As you can see from the output, the tool performs some preprocessing of the input TWAS file, and then computes an association for all LVs in the model (987 in our case) and the gene p-values from TWAS. The output is finally written to the path specified.

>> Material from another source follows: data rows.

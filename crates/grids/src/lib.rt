#![tactic(auto)]

// The grid screen: each unit, 0 to 63, hangs on a grid, 0 to 15, and the units of a grid together keep its limit.
ghost use Rattle.std.specs.Prelude.{◌≡◌, [], ◌∷◌, replicate};
ghost use Rattle.grids.specs.GridSets.{hangs_of, settings_of, fresh_of, ontop_of};
ghost use Rattle.grids.specs.Grids.{by_grid_lawful};
ghost use Rattle.std.proofs.Common.{rules};

use market::figures::Place;
use market::maxima::MAX_FIGURE;
use market::refusals::ScreenRefusal;
use screen::nodes::Nodes;
use screen::{NodeLimits, Screen};

// The limit of each grid in tenths, what is left of it, and the grid on which each unit hangs.
#[derive(Drop)]
pub struct GridScreen {
    grids: Nodes<15, 16>,
}

impl GridScreen {
    // At first every limit is 6,000,000 and every unit hangs on grid 0.
    pub fn new() -> GridScreen
        ensures set { settings_of result ≡ replicate 16 6000000 ∷ replicate 64 0 ∷ [] }
        ensures opened { ontop_of result ≡ fresh_of result }
    {
        GridScreen {
            grids: Nodes::new(),
        }
    }
}

impl Screen for GridScreen {
    ghost fresh = { fresh_of };

    ghost ontop = { ontop_of };

    ghost settings = { settings_of };

    ghost fresh_lawful = { λ s. by_grid_lawful s.grids.limits (hangs_of s) };

    ghost ontop_lawful = { λ s. by_grid_lawful s.grids.left (hangs_of s) };

    ghost decided = { Prim.search rules };

    fn reset(&mut self) {
        self.grids.reset();
    }

    fn room(&self, place: u32) -> u32 {
        let Ok(place) = Place::try_from(place) else {
            return 0;
        };
        let grid = self.grids.node_of(place);
        self.grids.left[usize::from(grid.number)].min(MAX_FIGURE)
    }

    fn take(&mut self, place: u32, quantity: u32) -> Result<(), ScreenRefusal> {
        let at = Place::try_from(place)?;
        if quantity > self.room(place) {
            return Err(ScreenRefusal::AboveRoom { place });
        }
        let grid = self.grids.node_of(at);
        self.grids.left[usize::from(grid.number)] -= quantity;
        Ok(())
    }
}

impl NodeLimits for GridScreen {
    ghost nodes = { λ _. 16 };

    ghost layers = { λ _. 0 };

    fn set_limit(&mut self, node: u32, limit: u32) -> Result<(), ScreenRefusal> {
        self.grids.set_limit(node, limit)
    }

    fn hang(&mut self, unit: u32, node: u32) -> Result<(), ScreenRefusal> {
        self.grids.hang(unit, node)
    }
}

**IMPORTANT:** keep in mind that you have to use a gene correlation matrix that is specific to your TWAS results. This is because gene correlations depend on the variants present in the original GWAS used. Check out [the notebooks here](https://github.com/greenelab/phenoplier/tree/main/nbs/15_gsa_gls) to see how to compute a gene correlation matrix specific for your trait of interest.

# Load LV-trait results

In [30]:
lv_df = pd.read_csv("/tmp/gls_phenoplier-basophill_percentage.tsv.gz", sep="\t")

In [31]:
lv_df

Unnamed: 0,lv,beta,beta_se,t,pvalue_twosided,pvalue_onesided
0,LV603,0.988076,0.127500,7.749615,1.064641e-14,5.323207e-15
1,LV719,0.903596,0.130457,6.926399,4.736869e-12,2.368434e-12
2,LV68,0.859876,0.126886,6.776776,1.338216e-11,6.691079e-12
3,LV517,0.831304,0.125022,6.649252,3.188491e-11,1.594246e-11
4,LV599,0.728474,0.126189,5.772889,8.156289e-09,4.078144e-09
...,...,...,...,...,...,...
982,LV213,-0.194986,0.125889,-1.548863,1.214639e-01,9.392681e-01
983,LV322,-0.202912,0.125966,-1.610849,1.072618e-01,9.463691e-01
984,LV632,-0.203234,0.124819,-1.628234,1.035242e-01,9.482379e-01
985,LV776,-0.205448,0.125552,-1.636362,1.018129e-01,9.490936e-01


As you can see, LV603 is at the top of the LVs associations for basophil percentage.
However, the onesided p-value here (`5.32e-15`) is larger than a simple correlation (`2.94e-27`), suggesting that we have correlated genes at the top of the LV.

# Conclusions

Hopefully, now have a more clear idea of the main data matrixes involved in PhenoPLIER (matrix Z, PhenomeXcan gene-trait associations, etc).
We also see how to compute a p-value between an LV (group of genes or gene module) and a trait of interest.
To do this with your own data, you need to compute the S-MultiXcan TWAS results (gene-based) from your GWAS summary stats and generate your own gene correlation matrix.

In the next notebook (`02-LV_cell_types-...`), we'll see how to check in which tissues or cell types are our LV603'genes expressed.